> _AIM OF THE EXERCISE_:
In the records below, find the lines that include "Global" and copy each.

[Items from a dataset]
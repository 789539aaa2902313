//! Signed replies of the server to outstanding requests (RFC 8656, sections 7.4, 8.3, 10.3 and 12.3;
//! RFC 6062, section 4.3).

ghost use Rattle.std.specs.Prelude.{◌≡◌, ◌≢◌, ◌∷◌, [], IfOk, OnErr, OnOk, true};
ghost use Rattle.turn_agent.specs.Agent.{is_outstanding};
ghost use Rattle.turn_client_api.specs.Effect.{allocate_denied, transaction_ended};
ghost use Rattle.turn_client_api.specs.Payloads.{answered_purposes, outcome_for, response_step};
ghost use Rattle.turn_client_api.specs.Requests.{fresh_id, requested};
ghost use Rattle.turn_client_api.specs.State.{State};
ghost use Rattle.turn_client_core.specs.Effects.{after};
ghost use Rattle.turn_client_core.specs.ProtocolRecv.{IsPart, outcome_in};
ghost use Rattle.turn_client_core.specs.Replies.{asks_ipv6};
ghost use Rattle.turn_client_grants.specs.GrantFilter.{purposes_in};
ghost use Rattle.turn_stun.specs.Message.{id_of};

use crate::answered_purposes::{answered, is_empty};
use crate::effect::{Effect, answer_all};
use crate::protocol::TurnClientProtocol;
use crate::protocol_recv::TurnProtocolRecv;
use crate::reply::has_code;
use smallvec::SmallVec;
use std::alloc::{AllocError, Global};
use turn_client_api::{Phase, Purpose, TurnEvent};
use turn_client_grants::Purposes;
use turn_client_requests::request_for;
use turn_stun::attribute::error_code::ErrorCode;
use turn_stun::instant::Instant;
use turn_stun::message::Message;
use turn_types::AddressFamily;
use turn_types::message::REFRESH;

impl TurnClientProtocol {
    /// Processes the reply to a request of a client with an allocation.
    ///
    /// # Errors
    ///
    /// If memory allocation fails. Nothing changes then. A reply that concerns nothing that its request was
    /// made for only ends its transaction, and allocates none.
    pub(crate) fn respond(
        &mut self,
        message: &Message<'_>,
        is_granted: bool,
        now: Instant,
    ) -> Result<TurnProtocolRecv, AllocError>
        ensures answer { IfOk result (λ outcome. outcome_in message.now outcome ≡ (response_step is_granted message.now now self.old).0) }
        ensures part { IfOk result (IsPart message.now self.old self.new) }
        ensures after { OnOk result (self.new ≡ (response_step is_granted message.now now self.old).1) }
        ensures err { OnErr result (self.new ≡ self.old) }
        ensures wanted { OnErr result (answered_purposes message.now self.old ≢ []) }
    {
        let id = message.transaction_id();
        let purposes = answered(message.method(), &self.ledger.table().purposes_of(id));
        if is_empty(&purposes) {
            self.outbox.end(message.transaction_id());
            return Ok(reported_of(message, &purposes));
        }
        // Each of two purposes may add three events: of a channel and of two permissions. Keeps the room for the
        // failure events of families that are still requested.
        let Some(events) = self.families.len().checked_add(6) else {
            return Err(AllocError);
        };
        self.ledger.reserve(purposes.grants_added(), 0, events, 0)?;
        self.outbox.end(id);
        let effect = answer_all(&mut self.ledger, &purposes, message, is_granted, now);
        // A client serves one caller of many, and is idle most of the time: it holds no room for requests then.
        self.ledger.give_back();
        self.apply_effect(effect);
        Ok(reported_of(message, &purposes))
    }

    /// Applies what a reply changes apart from the grants.
    fn apply_effect(&mut self, effect: Effect)
        ensures { self.new ≡ after effect self.old }
    {
        match effect {
            Effect::Nothing => {}
            Effect::Taken => self.challenges = 0,
            Effect::AllocationsDeleted => {
                self.challenges = 0;
                self.phase = Phase::Closed;
            }
        }
    }

    /// The server denies the allocation. If it does not support one of two families, IPv4 fails, and
    /// IPv6 is requested alone (RFC 8656, section 7.4); else the client ends.
    ///
    /// # Errors
    ///
    /// If memory allocation fails. Nothing changes then.
    pub(crate) fn allocate_denied(
        &mut self,
        message: &Message<'_>,
        now: Instant,
    ) -> Result<(), AllocError>
        requires phase { self.old.phase ≡ Phase.Authenticating }
        requires outstanding { is_outstanding (id_of message.now) self.old.transactions ≡ true }
        ensures ok { OnOk result (self.new ≡ allocate_denied (fresh_id self.old) message.now now (transaction_ended (id_of message.now) self.old)) }
        ensures err { OnErr result (self.new ≡ self.old) }
    {
        if has_code(message, ErrorCode::ADDRESS_FAMILY_NOT_SUPPORTED) && self.families.len() >= 2 {
            return self.ask_ipv6(message, now);
        }
        self.fail_with(message)
    }

    /// Queues a failure event for IPv4, and requests IPv6 alone. The request that the message answers
    /// is no longer outstanding.
    ///
    /// # Errors
    ///
    /// If memory allocation fails. Nothing changes then.
    fn ask_ipv6(&mut self, message: &Message<'_>, now: Instant) -> Result<(), AllocError>
        requires phase { self.old.phase ≡ Phase.Authenticating }
        requires outstanding { is_outstanding (id_of message.now) self.old.transactions ≡ true }
        ensures ok { OnOk result (self.new ≡ asks_ipv6 (fresh_id self.old) now (transaction_ended (id_of message.now) self.old)) }
        ensures err { OnErr result (self.new ≡ self.old) }
    {
        let fresh = self.fresh_id();
        let text = request_for(
            self.alloc,
            &self.auth,
            self.ledger.transport(),
            &[AddressFamily::IPV6],
            &Purpose::ForAllocation,
            fresh,
        )?;
        let from = self.local_addr();
        let waits_from = self.waits_from(now);
        self.ledger.reserve(0, 2, 1, 0)?;
        self.outbox.ask(fresh, text, from, waits_from)?;
        self.outbox.end(message.transaction_id());
        let families = only_ipv6(self.alloc);
        self.families = families;
        self.ledger.unlist_allocates();
        self.ledger
            .push_event(TurnEvent::AllocationCreateFailed(AddressFamily::IPV4));
        self.ledger
            .ask(fresh, &[], &Purposes::one(Purpose::ForAllocation));
        Ok(())
    }
}

/// IPv6 alone. Allocates no memory, since two families are kept in place.
fn only_ipv6(alloc: Global) -> SmallVec<AddressFamily, 2>
    ensures { result.items ≡ AddressFamily.IPV6 ∷ [] }
{
    SmallVec::from_slice(alloc, &[AddressFamily::IPV6]).unwrap()
}

/// The result of a reply: one to a REFRESH is always `Handled`, and another one if its request was made
/// for something of its method.
fn reported_of(message: &Message<'_>, purposes: &Purposes) -> TurnProtocolRecv
    ensures outcome { outcome_in message.now result ≡ outcome_for message.now (purposes_in purposes.now) }
    ensures part { (was s : State) → IsPart message.now was s result }
{
    if purposes.first.is_some() || purposes.second.is_some() || message.method() == REFRESH {
        return TurnProtocolRecv::Handled;
    }
    TurnProtocolRecv::Ignored
}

> _TASK OUTPUT_:
use std::alloc::{AllocError, Global};
fn only_ipv6(alloc: Global) -> SmallVec<AddressFamily, 2>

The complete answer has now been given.